Micro-insurance schemes are categorized in several models: partner-agent, provider-driven, mutual model (community-based) and the direct agent model [7, 8, 32]. In the partner-agent model, an insurance firm contracts another entity to sell it products, while under direct agent model, an insurance firm controls the entire chain and sells its product directly to consumers [8]. The mutual or community-based model is owned and run by scheme members through participatory mechanisms [7, 8, 33]. The provider driven model is led by a health service provider who takes on an insurance function [7]. All four models of micro insurance are present in the Kenyan health insurance context. The provider-driven model and the community-based model are frequently lumped together and referred to as community-based health insurance (CBHI) schemes [34]. These two models lack a legal and policy framework and tend to be administered as societies or community-based organisations [33, 35]. On the other hand, the partner-agent and direct agent models are labelled as MHIs and have received increasing policy and regulatory attention from the Kenyan government [31, 36].
There are other features that distinguish CBHI and MHIs in Kenya. CBHI operate within a specific small geographical location [33, 37], while MHIs operate nationally [38]. Access to services for CBHI members is usually restricted to low-cost public facilities and faith based facilities within the same geographical area, while MHIs have a nationwide network of low- to mid-cost public and private providers [35]. Additionally, while MHIs offer risk rated premiums to members calculated individually or for groups, CBHI schemes base premiums on members’ decisions, informed by very limited financial analysis, if any [33].
There is no accurate data on the number of and population covered by MHIs in Kenya, largely due to weak regulation, and existing reporting requirements where their activities are recorded under the insurance firms that underwrite the products [31, 38]. A report published in early 2014 suggested that about 300,000 lives were covered: about 1% of Kenya’s population [39].

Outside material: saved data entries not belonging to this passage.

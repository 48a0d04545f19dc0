//! A day with the journal of its history; it owns no disk.
ghost use Rattle.std.specs.Prelude.{◌≡◌, ◌+◌, ◌*◌, ◌≤◌, ◌<◌, ◌^◌, ◌++◌, [], ◌∷◌, All, length, min, IfOk, IfErr, OnOk, OnErr, Some, None, Err};
ghost use Rattle.std.specs.Option.{ForSome};
ghost use Rattle.adx_io.specs.Streams.{last_count};
ghost use Rattle.day_journal.specs.Faults.{greatest_size};
ghost use Rattle.day_journal.specs.Tails.{size_of};
ghost use Rattle.day_entries.specs.Entries.{Fits, IsNoticeOrMoment, entry_bytes};
ghost use Rattle.day_rules.specs.Asks.{IsUndecided, IsWellFormed};
ghost use Rattle.campaign_book.specs.Accounts.{IsBudget};
ghost use Rattle.day_rules.specs.Entries.{asked, change_of};
ghost use Rattle.day_rules.specs.DayState.{HasRoomFor, IsDay};
ghost use Rattle.day_rules.specs.Legal.{MayFollow};
ghost use Rattle.day_rules.specs.DayMeters.{meters_after, steps_of};
ghost use Rattle.adx_desk.specs.Calls.{batch_bytes, DayEndsAsk, DayServes, DayServesAll, IsUnmoved, reply_to_ask, reply_to_change, reply_to_notice, reply_to_tick, terms_of};
ghost use Rattle.adx_desk.specs.Asked.{ask_for};
ghost use Rattle.day_machine.specs.Batches.{answers_in_turn, entries_in_turn};
ghost use Rattle.adx_desk.specs.Endings.{EndsNotice, size_with};
ghost use Rattle.day_machine.specs.Held.{held};
ghost use Rattle.adx_desk.specs.Histories.{longest_size};
ghost use Rattle.adx_desk.specs.Journaled.{EndsRecord, beside, day_in};
ghost use Rattle.adx_desk.specs.declared.fault.DeskFault.{DeskFault as Fault};
ghost use Rattle.day_machine.specs.declared.batch.TheConstants.{BATCH_LIMIT};
ghost use Rattle.day_machine.specs.declared.held.TheConstants.{NOTICE_ROOM};

use crate::copying::{copy_for, copy_in, fitted, swapped};
use crate::done::Done;
use crate::fault::DeskFault;
use crate::framing::{put_notice, put_planned};
use adx_io::Frame;
use adx_units::{OutOfMemory, Units};
use day_journal::{AppendFault, Disk, Journal};
use day_machine::{
    Batch, Day, GREATEST_SIZE, MeteredDay, expiry_record, held_by, notice_record, open_awards,
    open_behind, sale_count,
};
use day_rules::{Answer, Ask, Entry, MeterStep, Meters};
use notice_book::NoticeKind;
use std::alloc::Global;
use std::marker::Model;

/// A day, the journal of its history, and the digest of the roster that it was opened with. A contract sees its
/// terms, its history, the open journal, how many calls answered a fault of the disk, and what there is memory for.
#[derive(Drop)]
pub(crate) struct JournaledDay {
    day: MeteredDay,
    digest: [u8; 32],
    journal: Journal,
    without_end: u64,
    faults: u64,
}

impl Model for JournaledDay {
    ghost use Rattle.adx_desk.specs.Journaled.{AreJournaled, JournaledState};

    ghost Value = { JournaledState };

    ghost view = { λ d. record {
      desk = record {
        terms = record { day = d.day.terms; digest = d.digest };
        history = d.day.history;
        journal = d.journal;
        faults = d.faults;
      };
      room = d.day.room;
    } };

    ghost invariant = { λ d. AreJournaled d.day d.digest d.journal d.without_end };
}
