#[cycle(reading)]
fn fields_read<'t, 'd, 'k, T: Texts>(
    table: &TreeTable<'k>,
    room: Room,
    fields: &'t [(FieldHead<'d>, Option<Tree<'d>>)],
    rest: Option<&'t Tree<'d>>,
    passed: Option<&str>,
    members: &Map<String, Value>,
    texts: &mut T,
) -> Result<Found, TextFault>
    ensures read { IfOk result (λ b. fields_come (setting (table_view table.now) room.inside) (T.relations texts.old) (option_map (λ p. p.now) passed.entry) (listed fields.now (option_map (λ x. x.now) rest.entry)) (members_of (members_view members.now.entries)) ≡ found_view b) }
    ensures keeps { T.relations texts.new ≡ T.relations texts.old }
    ensures failed { IsErrOf result TextFault.Failed → Rises (T.faults texts.old) (T.faults texts.new) }
    ensures counts { T.faults texts.old ≤ T.faults texts.new }
{
    let mut found = Found::Ended;
    for (place, field) in fields.iter().enumerate() {
        let tree = field_tree(fields, place, rest);
        found = field_read(table, room, found, field, tree, passed, members, texts)?;
    }
    Ok(found)
}

#[cycle(reading)]
fn field_read<'d, 'k, T: Texts>(
    table: &TreeTable<'k>,
    room: Room,
    before: Found,
    field: &(FieldHead<'d>, Option<Tree<'d>>),
    tree: Option<&Tree<'d>>,
    passed: Option<&str>,
    members: &Map<String, Value>,
    texts: &mut T,
) -> Result<Found, TextFault>
    ensures read { IfOk result (λ b. ((x : Tree) → field.now.1 ≡ Some x → option_map (λ x. x.now) tree.entry ≡ Some x) → both_of (found_view before) (field_comes (setting (table_view table.now) room.inside) (T.relations texts.old) (state_in field.now) (entry_of (option_map (λ x. x.now) tree.entry)) (given_at (option_map (λ p. p.now) passed.entry) field.now.0.label.wanted.now (members_of (members_view members.now.entries)))) ≡ found_view b) }
    ensures keeps { T.relations texts.new ≡ T.relations texts.old }
    ensures failed { IsErrOf result TextFault.Failed → Rises (T.faults texts.old) (T.faults texts.new) }
    ensures counts { T.faults texts.old ≤ T.faults texts.new }
{
    match given_member(passed, members, field.0.label.wanted) {
        Some(value) => {
            let found = also_part(table, room, before, tree, value, texts)?;
            Ok(found)
        }
        None => {
            let found = left_out(table, room, before, field, texts)?;
            Ok(found)
        }
    }
}

// A field that is left out. One without a tree of its own is required.
#[cycle(reading)]
fn left_out<'d, 'k, T: Texts>(
    table: &TreeTable<'k>,
    room: Room,
    before: Found,
    field: &(FieldHead<'d>, Option<Tree<'d>>),
    texts: &mut T,
) -> Result<Found, TextFault>
    ensures read { IfOk result (λ b. both_of (found_view before) (left_out_of (missed (setting (table_view table.now) room.inside) (T.relations texts.old)) (state_in field.now) (entry_of field.now.1)) ≡ found_view b) }
    ensures keeps { T.relations texts.new ≡ T.relations texts.old }
    ensures failed { IsErrOf result TextFault.Failed → Rises (T.faults texts.old) (T.faults texts.new) }
    ensures counts { T.faults texts.old ≤ T.faults texts.new }
{
    match &field.1 {
        Some(tree) => {
            let found = state_read(table, room, before, field.0.state, tree, texts)?;
            Ok(found)
        }
        None => Ok(both(before, Found::Refused)),
    }
}

#[cycle(reading)]
fn state_read<'d, 'k, T: Texts>(
    table: &TreeTable<'k>,
    room: Room,
    before: Found,
    state: FieldState<'d>,
    tree: &Tree<'d>,
    texts: &mut T,
) -> Result<Found, TextFault>
    ensures read { IfOk result (λ b. both_of (found_view before) (left_out_of (missed (setting (table_view table.now) room.inside) (T.relations texts.old)) (state_view state.entry) (tree_view tree.now)) ≡ found_view b) }
    ensures keeps { T.relations texts.new ≡ T.relations texts.old }
    ensures failed { IsErrOf result TextFault.Failed → Rises (T.faults texts.old) (T.faults texts.new) }
    ensures counts { T.faults texts.old ≤ T.faults texts.new }
{
    match state {
        FieldState::Required => Ok(both(before, Found::Refused)),
        FieldState::Optional => Ok(before),
        FieldState::Stated(value) => {
            let found = default_read(table, room, before, tree, value, texts)?;
            Ok(found)
        }
    }
}

// A default inside the others. What is refused or endless already stays.
#[cycle(reading)]
fn default_read<'d, 'k, T: Texts>(
    table: &TreeTable<'k>,
    room: Room,
    before: Found,
    tree: &Tree<'d>,
    value: &Value,
    texts: &mut T,
) -> Result<Found, TextFault>
    ensures read { IfOk result (λ b. both_of (found_view before) (supplies (setting (table_view table.now) room.inside) (T.relations texts.old) (tree_view tree.now) (kept_view value.now)) ≡ found_view b) }
    ensures keeps { T.relations texts.new ≡ T.relations texts.old }
    ensures failed { IsErrOf result TextFault.Failed → Rises (T.faults texts.old) (T.faults texts.new) }
    ensures counts { T.faults texts.old ≤ T.faults texts.new }
{
    if !is_ended(before) {
        return Ok(before);
    }
    if room.inside == 0 {
        return Ok(Found::Endless);
    }
    let found = also(table, further(room), Found::Ended, tree, value, texts)?;
    Ok(given(found))
}

// The members that no field names.
#[cycle(reading)]
fn others_read<'d, 'k, T: Texts>(
    table: &TreeTable<'k>,
    room: Room,
    before: Found,
    fields: &[(FieldHead<'d>, Option<Tree<'d>>)],
    rest: Option<&Tree<'d>>,
    passed: Option<&str>,
    members: &Map<String, Value>,
    texts: &mut T,
) -> Result<Found, TextFault>
    ensures read { IfOk result (λ b. let fs = fields_in fields.now (option_map (λ x. x.now) rest.entry) in both_of (found_view before) (others_come (setting (table_view table.now) room.inside) (T.relations texts.old) (option_map (λ p. p.now) passed.entry) (fields_of fs) (rest_of fs) (members_of (members_view members.now.entries))) ≡ found_view b) }
    ensures keeps { T.relations texts.new ≡ T.relations texts.old }
    ensures failed { IsErrOf result TextFault.Failed → Rises (T.faults texts.old) (T.faults texts.new) }
    ensures counts { T.faults texts.old ≤ T.faults texts.new }
{
    if rest.is_none() {
        return Ok(before);
    }
    let mut found = before;
    for (name, value) in members.iter() {
        found = other_read(table, room, found, fields, rest, passed, name, value, texts)?;
    }
    Ok(found)
}
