//! What is asked of a field.
ghost use Rattle.std.specs.Prelude.{◌≡◌, ◌&&◌, ◌||◌, not, is_some, map};
ghost use Rattle.syntax_trees.specs.Item.{item_view};
ghost use Rattle.attr_parts.specs.Values.{lacks_default};
ghost use Rattle.container_defs.specs.Reader.{has_name, reads_some, reads_whole};
ghost use Rattle.container_defs.specs.Forms.{names_of, holds, fails, is_own, empties, field_type, is_known_reader, is_known_condition, has_odd_emptiness, has_extras, has_odd_some, has_odd_whole, is_odd_rest};
ghost use Rattle.derive_ast.specs.Views.{field_view};
ghost use Rattle.item_forms.specs.FieldTests.{field_test};

use crate::condition::{empties, is_known_condition, is_known_reader};
use crate::type_form::{is_option, is_text_map};
use attr_parts::Default;
use derive_ast::Field;
use item_models::{has_name, reads_some, reads_whole};
use item_names::ItemNames;

/// What is asked of each field.
#[derive(Clone, Copy)]
pub enum FieldTest {
    /// It has bounds of its own.
    Bound,
    Getter,
    /// It isn't written, or isn't read.
    Skip,
    SerializeWith,
    /// It is read by a function that the reader doesn't know.
    OtherReader,
    /// It isn't written under a condition that the reader doesn't know.
    OtherCondition,
    /// It is a rest with a helper, or that is no map of texts to values.
    OddRest,
    /// It has no name, and a default, a condition or a helper.
    NamelessExtras,
    /// Its type is neither built in nor an item.
    UnknownType,
    /// It is read as what its option holds, and is no option.
    OddSome,
    /// It may not be missing, and has a default.
    OddWhole,
    /// A default or a condition where the other is missing, or a condition that isn't that of the type.
    OddEmptiness,
}

#[tactic(auto, using(item_models::proofs::Lists::some_seen))]
fn is_bound(field: &Field<'_>) -> bool
    ensures { result ≡ (is_some (field_view field.now).attrs.ser_bound || is_some (field_view field.now).attrs.de_bound) }
{
    field.attrs.ser_bound().is_some() || field.attrs.de_bound().is_some()
}

#[tactic(auto, using(item_models::proofs::Lists::some_seen))]
fn has_getter(field: &Field<'_>) -> bool
    ensures { result ≡ is_some (field_view field.now).attrs.getter }
{
    field.attrs.getter().is_some()
}

#[tactic(auto, using(item_models::proofs::Lists::some_seen))]
fn is_written_with(field: &Field<'_>) -> bool
    ensures { result ≡ is_some (field_view field.now).attrs.serialize_with }
{
    field.attrs.serialize_with().is_some()
}

#[tactic(auto, using(item_models::proofs::Lists::some_seen))]
fn is_read_with(field: &Field<'_>) -> bool
    ensures { result ≡ is_some (field_view field.now).attrs.deserialize_with }
{
    field.attrs.deserialize_with().is_some()
}

#[tactic(auto, using(item_models::proofs::Lists::some_seen))]
fn has_condition(field: &Field<'_>) -> bool
    ensures { result ≡ is_some (field_view field.now).attrs.skip_serializing_if }
{
    field.attrs.skip_serializing_if().is_some()
}

#[tactic(auto, using(crate::proofs::Seen::some_failing, crate::proofs::Seen::none_failing))]
fn is_read_otherwise(field: &Field<'_>) -> bool
    ensures { result ≡ fails is_known_reader (field_view field.now).attrs.deserialize_with }
{
    match field.attrs.deserialize_with() {
        Some(path) => !is_known_reader(path),
        None => false,
    }
}

#[tactic(auto, using(crate::proofs::Seen::some_failing, crate::proofs::Seen::none_failing))]
fn has_other_condition(field: &Field<'_>) -> bool
    ensures { result ≡ fails is_known_condition (field_view field.now).attrs.skip_serializing_if }
{
    match field.attrs.skip_serializing_if() {
        Some(path) => !is_known_condition(path),
        None => false,
    }
}

#[tactic(auto, using(crate::proofs::Seen::some_holding, crate::proofs::Seen::none_holding))]
fn reads_inner(field: &Field<'_>) -> bool
    ensures { result ≡ holds reads_some (field_view field.now).attrs.deserialize_with }
{
    match field.attrs.deserialize_with() {
        Some(path) => reads_some(path),
        None => false,
    }
}

#[tactic(auto, using(crate::proofs::Seen::some_holding, crate::proofs::Seen::none_holding))]
fn reads_present(field: &Field<'_>) -> bool
    ensures { result ≡ holds reads_whole (field_view field.now).attrs.deserialize_with }
{
    match field.attrs.deserialize_with() {
        Some(path) => reads_whole(path),
        None => false,
    }
}

#[tactic(auto, using(crate::proofs::Seen::some_holding, crate::proofs::Seen::none_holding))]
fn has_its_condition(field: &Field<'_>) -> bool
    ensures { result ≡ holds (empties (field_type (field_view field.now))) (field_view field.now).attrs.skip_serializing_if }
{
    match field.attrs.skip_serializing_if() {
        Some(path) => empties(field.ty, path),
        None => false,
    }
}

fn has_own_default(field: &Field<'_>) -> bool
    ensures { result ≡ is_own (field_view field.now).attrs.default }
{
    match field.attrs.default() {
        Default::None => false,
        Default::Default => true,
        Default::Path(_) => false,
    }
}

fn lacks_default(field: &Field<'_>) -> bool
    ensures { result ≡ lacks_default (field_view field.now).attrs.default }
{
    field.attrs.default().is_none()
}

fn has_extras(field: &Field<'_>) -> bool
    ensures { result ≡ has_extras (field_view field.now) }
{
    !lacks_default(field) || has_condition(field) || is_read_with(field)
}

fn is_odd_rest(field: &Field<'_>) -> bool
    ensures { result ≡ is_odd_rest (field_view field.now) }
{
    field.attrs.flatten() && (is_read_with(field) || !is_text_map(field.ty))
}

fn has_odd_some(field: &Field<'_>) -> bool
    ensures { result ≡ has_odd_some (field_view field.now) }
{
    reads_inner(field) && !is_option(field.ty)
}

fn has_odd_whole(field: &Field<'_>) -> bool
    ensures { result ≡ has_odd_whole (field_view field.now) }
{
    reads_present(field) && !lacks_default(field)
}

fn has_odd_emptiness(field: &Field<'_>) -> bool
    ensures { result ≡ has_odd_emptiness (field_view field.now) }
{
    (has_own_default(field) || has_condition(field))
        && !(has_own_default(field) && has_its_condition(field))
}

fn has_nameless_extras(field: &Field<'_>) -> bool
    ensures { result ≡ (not (has_name (field_view field.now).member) && has_extras (field_view field.now)) }
{
    !has_name(&field.member) && has_extras(field)
}

/// What the field answers.
pub(crate) fn asked(names: &ItemNames<'_>, test: FieldTest, field: &Field<'_>) -> bool
    ensures { result ≡ field_test (names_of (map item_view names.now.items.now)) test (field_view field.now) }
{
    match test {
        FieldTest::Bound => is_bound(field),
        FieldTest::Getter => has_getter(field),
        FieldTest::Skip => field.attrs.skip_serializing() || field.attrs.skip_deserializing(),
        FieldTest::SerializeWith => is_written_with(field),
        FieldTest::OtherReader => is_read_otherwise(field),
        FieldTest::OtherCondition => has_other_condition(field),
        FieldTest::OddRest => is_odd_rest(field),
        FieldTest::NamelessExtras => has_nameless_extras(field),
        FieldTest::UnknownType => !names.knows(field.ty),
        FieldTest::OddSome => has_odd_some(field),
        FieldTest::OddWhole => has_odd_whole(field),
        FieldTest::OddEmptiness => has_odd_emptiness(field),
    }
}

There is growing interest in Kenya and globally on the role of MHIs as a mechanism for health financing towards UHC [7]. MHI are not only of interest to health policy makers, but also to those from the finance and social sectors who may be interested in the financial and social inclusion potential of MHI [8, 40]. This concern has not been matched with a systematic examination of whether these purchasing practice of MHI are strategic. This paper addresses this evidence gap by examining purchasing practices of MHIs and the extent to which these are aligned to strategic purchasing.